# Thinset on ditra



## Tylerwalker32 (Jun 27, 2011)

Is it ok to use a polymer modified thinset over ditra. I've used ditra before but im wanting to use a fast set and I can only find it in modified in my area.


----------



## world llc (Dec 9, 2008)

there's a guy on here that will probably argue that it's ok to use mastic.....


rapid set is ok, but always get your local rep to tell you that just incase


----------



## angus242 (Oct 20, 2007)

Will it work? Yes. Will you void any warranty from Schluter? Yes.

Whenever using modified over any waterproof substrate, it's a good idea to wait some extra time before grouting. I like to wait a minimum of 48 hours.

You can use a rapid set. It's wishy washy if Schluter will or will not warranty that type of install (my rep said "yes"). But it's more pricey and you have a limited amount of working time with rapid.


----------



## ohiohomedoctor (Dec 26, 2010)

Why not use ditra set. I have never had a problem with ditra set and schluter recommends it making it a smart decision. I understand needing to use speedset but anything else is just silly. Follow the directions, its that easy.


----------



## sycamorebob (Dec 7, 2011)

Linky to products: http://bostik-us.com/market-products/flooring/hydroment-ceramic#ditraset



linky to picture http://bostik-us.com/ditra-set-thin-set


----------



## angus242 (Oct 20, 2007)

ohiohomedoctor said:


> I understand needing to use speedset but anything else is just silly.


Why is using "anything else" silly? Wouldn't it be more apropos to say that requiring Ditraset (non-modified) is silly? I mean there are a dozen or so other underlayments that have a PERM rating equal to or more waterproof and not a single one of them require a non-modified thinset.


----------



## world llc (Dec 9, 2008)

What if you have green marble? You are not using anything other than epoxy to install it......


----------



## ohiohomedoctor (Dec 26, 2010)

world llc said:


> What if you have green marble? You are not using anything other than epoxy to install it......


Dont use ditra obviously.


----------



## ohiohomedoctor (Dec 26, 2010)

This is a thread about ditra right?


----------



## tileman2000 (Feb 14, 2011)

My rep says yes to modifies also, but doesn't sound too confident.

Just use Kerabond and be done with it.


----------



## ohiohomedoctor (Dec 26, 2010)

angus242 said:


> Why is using "anything else" silly? Wouldn't it be more apropos to say that requiring Ditraset (non-modified) is silly?


Using unapproved materials during an installation of anything is "silly" because risking the quality of installation (mainly the warranty) in my opinion degrades the overall value your work provides to the clients meaning that if there was ever a problem down the road having a text book installation negates a product representative's ability to deny your claim. 

Like you said there are many other waterproofing materials that allow for a diverse field of setting materials.
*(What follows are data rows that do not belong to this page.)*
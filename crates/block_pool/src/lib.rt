//! Spare blocks for packets, made ahead so that a packet's bytes need no memory of their own when they
//! come.
#![tactic(auto)]

mod class;
mod pool;
mod shelf;
#[cfg(test)]
mod tests;

pub use class::Class;
pub use pool::Pool;
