//! The pool: spare blocks of each class, and new blocks where there are none.

ghost use Rattle.std.specs.Prelude.{◌≡◌, ◌+◌, ◌<◌, ◌≤◌, length, IfOk, IsOk, OnOk, OnErr};
ghost use Rattle.block_pool.specs.Class as sizes;
ghost use Rattle.block_pool.specs.Pooled.{IsFresh, IsSpare};
ghost use Rattle.block_pool.specs.Spare.{Spare, spare_of, reserved, taken, taken_for, HasSpareFor};

use crate::class::{BACK, Class, FRONT};
use crate::shelf::Shelf;
use edge_claims::Window;
use sim_base::NoMemory;
use std::alloc::Global;
use std::marker::Model;

/// Spare blocks. Contracts see how many there are of each class.
#[derive(Drop)]
pub struct Pool {
    alloc: Global,
    small: Shelf,
    middle: Shelf,
    large: Shelf,
}

impl Model for Pool {
    ghost use Rattle.block_pool.specs.Pools.{IsPool};
    ghost use Rattle.block_pool.specs.Spare.{Spare};

    ghost Value = { Spare };

    ghost view = { λ p. record { small = p.small.spare; middle = p.middle.spare; large = p.large.spare } };

    ghost invariant = { IsPool };
}

impl Pool {
    pub fn make(alloc: Global) -> Pool
        ensures { result ≡ record { small = 0; middle = 0; large = 0 } }
    {
        Pool {
            alloc,
            small: Shelf::new(alloc, Class::Small.places()),
            middle: Shelf::new(alloc, Class::Middle.places()),
            large: Shelf::new(alloc, Class::Large.places()),
        }
    }

    /// Makes blocks of the class until there are at least `n`, which is at most 65,536. Where memory is
    /// wanting, there are as many as before.
    pub fn reserve(&mut self, class: Class, n: u32) -> Result<(), NoMemory>
        requires { n ≤ 65536 }
        ensures ok { OnOk result (self.new ≡ reserved class n self.old) }
        ensures err { OnErr result (self.new ≡ self.old) }
    {
        let n = n as usize;
        match class {
            Class::Small => self.small.reserve(n),
            Class::Middle => self.middle.reserve(n),
            Class::Large => self.large.reserve(n),
        }
    }

    /// An empty window that stands at 64, alone on a block of the class. With spare it takes no memory.
    pub fn take(&mut self, class: Class) -> Result<Window, NoMemory>
        ensures ok { IfOk result (IsSpare (sizes.places class)) }
        ensures succeeds { 0 < spare_of class self.old → IsOk result }
        ensures after { self.new ≡ taken class self.old }
    {
        match class {
            Class::Small => self.small.take(),
            Class::Middle => self.middle.take(),
            Class::Large => self.large.take(),
        }
    }

    /// A window with these bytes that stands at 64, alone on a block of the class that fits or, for more
    /// than 1,968 bytes, on one of its own with 16 places behind them. There are at most 131,072 bytes.
    pub fn make_in(&mut self, bytes: &[u8]) -> Result<Window, NoMemory>
        requires { length bytes.now ≤ 131072 }
        ensures ok { IfOk result (IsFresh bytes.now) }
        ensures places { IfOk result (λ w. w.capacity ≡ sizes.places_for (length bytes.now)) }
        ensures succeeds { HasSpareFor (length bytes.now) self.old → IsOk result }
        ensures after { self.new ≡ taken_for (length bytes.now) self.old }
    {
        match Class::for_len(bytes.len() as u32) {
            Some(class) => filled(self.take(class)?, bytes),
            None => Ok(Window::with_room(self.alloc, bytes, FRONT, BACK)?),
        }
    }

    /// The class of the least blocks in which so many bytes have 64 places in front and 16 behind: up to
    /// 48, 432 and 1,968 bytes.
    pub fn class_for(len: u32) -> Option<Class>
        ensures { result ≡ sizes.class_for len }
    {
        Class::for_len(len)
    }
}

// An empty window, with these bytes: it is alone at its edges and has the room, so it grows in place.
fn filled(mut window: Window, bytes: &[u8]) -> Result<Window, NoMemory>
    requires fresh { IsSpare window.capacity window }
    requires room { sizes.FRONT + length bytes.now ≤ window.capacity }
    ensures ok { IfOk result (IsFresh bytes.now) }
    ensures places { IfOk result (λ w. w.capacity ≡ window.capacity) }
    ensures succeeds { IsOk result }
{
    match window.grow_back(bytes) {
        Ok(()) => Ok(window),
        Err(_) => Err(NoMemory),
    }
}
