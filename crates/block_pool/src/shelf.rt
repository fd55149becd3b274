//! The spare blocks of one class.

ghost use Rattle.std.specs.Prelude.{◌≡◌, ◌+◌, ◌-◌, ◌<◌, ◌≤◌, [], max, IfOk, IsOk, OnOk, OnErr};
ghost use Rattle.byte_block.specs.Ranges.{LARGEST};
ghost use Rattle.block_pool.specs.Class as sizes;
ghost use Rattle.block_pool.specs.Pooled.{IsSpare};
ghost use Rattle.block_pool.specs.Stock.{Stock};

use crate::class::FRONT;
use edge_claims::Window;
use sim_base::NoMemory;
use std::alloc::Global;
use std::marker::Model;

/// Empty windows, each alone on a block of `places` places.
#[derive(Drop)]
pub(crate) struct Shelf {
    places: u32,
    windows: Vec<Window>,
}

impl Model for Shelf {
    ghost use Rattle.block_pool.specs.Shelves.{IsShelf};
    ghost use Rattle.block_pool.specs.Stock.{Stock};
    ghost use Rattle.std.specs.Prelude.{length};

    ghost Value = { Stock };

    ghost view = { λ s. record { places = s.places; spare = length s.windows.items } };

    ghost invariant = { IsShelf };
}

impl Shelf {
    pub(crate) fn new(alloc: Global, places: u32) -> Shelf
        ensures { result ≡ record { places = places; spare = 0 } }
    {
        Shelf {
            places,
            windows: Vec::new(alloc),
        }
    }

    /// Makes blocks until there are at least `n`. Where memory is wanting, none is kept of those.
    pub(crate) fn reserve(&mut self, n: usize) -> Result<(), NoMemory>
        requires places { (sizes.FRONT ≤ self.old.places) × (self.old.places ≤ LARGEST) }
        ensures ok { OnOk result (self.new ≡ record { places = self.old.places; spare = max n self.old.spare }) }
        ensures err { OnErr result (self.new ≡ self.old) }
    {
        let before = self.windows.len();
        let filled = self.fill(n);
        if filled.is_err() {
            self.windows.truncate(before);
        }
        filled
    }

    // Makes blocks until there are `n` or memory is wanting.
    fn fill(&mut self, n: usize) -> Result<(), NoMemory>
        requires places { (sizes.FRONT ≤ self.old.places) × (self.old.places ≤ LARGEST) }
        ensures ok { OnOk result (self.new.spare ≡ max n self.old.spare) }
        ensures more { self.old.spare ≤ self.new.spare }
        ensures same { self.new.places ≡ self.old.places }
    {
        let alloc = *self.windows.allocator();
        for _ in 0..n.saturating_sub(self.windows.len()) {
            self.windows.push(spare(alloc, self.places)?)?;
        }
        Ok(())
    }

    /// A spare block, or a new one where there is none.
    pub(crate) fn take(&mut self) -> Result<Window, NoMemory>
        requires places { (sizes.FRONT ≤ self.old.places) × (self.old.places ≤ LARGEST) }
        ensures ok { IfOk result (IsSpare self.old.places) }
        ensures succeeds { 0 < self.old.spare → IsOk result }
        ensures after { self.new ≡ record { places = self.old.places; spare = self.old.spare - 1 } }
    {
        match self.windows.pop() {
            Some(window) => Ok(window),
            None => spare(*self.windows.allocator(), self.places),
        }
    }
}

// An empty window, alone on a new block.
fn spare(alloc: Global, places: u32) -> Result<Window, NoMemory>
    requires places { (sizes.FRONT ≤ places) × (places ≤ LARGEST) }
    ensures { IfOk result (IsSpare places) }
{
    Window::with_room(alloc, &[], FRONT, places - FRONT)
}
Choosing the right product line for your bathroom remodeling projects is imperative. Following the manufacturers installation instructions is equally important in my opinion.


----------



## world llc (Dec 9, 2008)

My rep has assured me, during training, that I can use epoxy over ditra in that situation. Why would I not use ditra?


----------



## ohiohomedoctor (Dec 26, 2010)

world llc said:


> My rep has assured me, during training, that I can use epoxy over ditra in that situation. Why would I not use ditra?


If your Rep/point guy assures you its ok and your confident he will still be there when you might need him then go for it. If it was my money on the line I would get this assurance in writing. Furthermore, there are suitable membranes which allow epoxy without the he said she said. Why wouldnt you use one of those? Just curious


----------



## angus242 (Oct 20, 2007)

ohiohomedoctor said:


> Using unapproved materials during an installation of anything is "silly" because risking the quality of installation (mainly the warranty) in my opinion degrades the overall value your work provides to the clients meaning that if there was ever a problem down the road having a text book installation negates a product representative's ability to deny your claim.
> 
> Like you said there are many other waterproofing materials that allow for a diverse field of setting materials. Choosing the right product line for your bathroom remodeling projects is imperative. Following the manufacturers installation instructions is equally important in my opinion.


:laughing:

OK, you can get off the pulpit now. Ditra can be installed with modified in Europe, so why is it all of the sudden a "risk" when you change continents?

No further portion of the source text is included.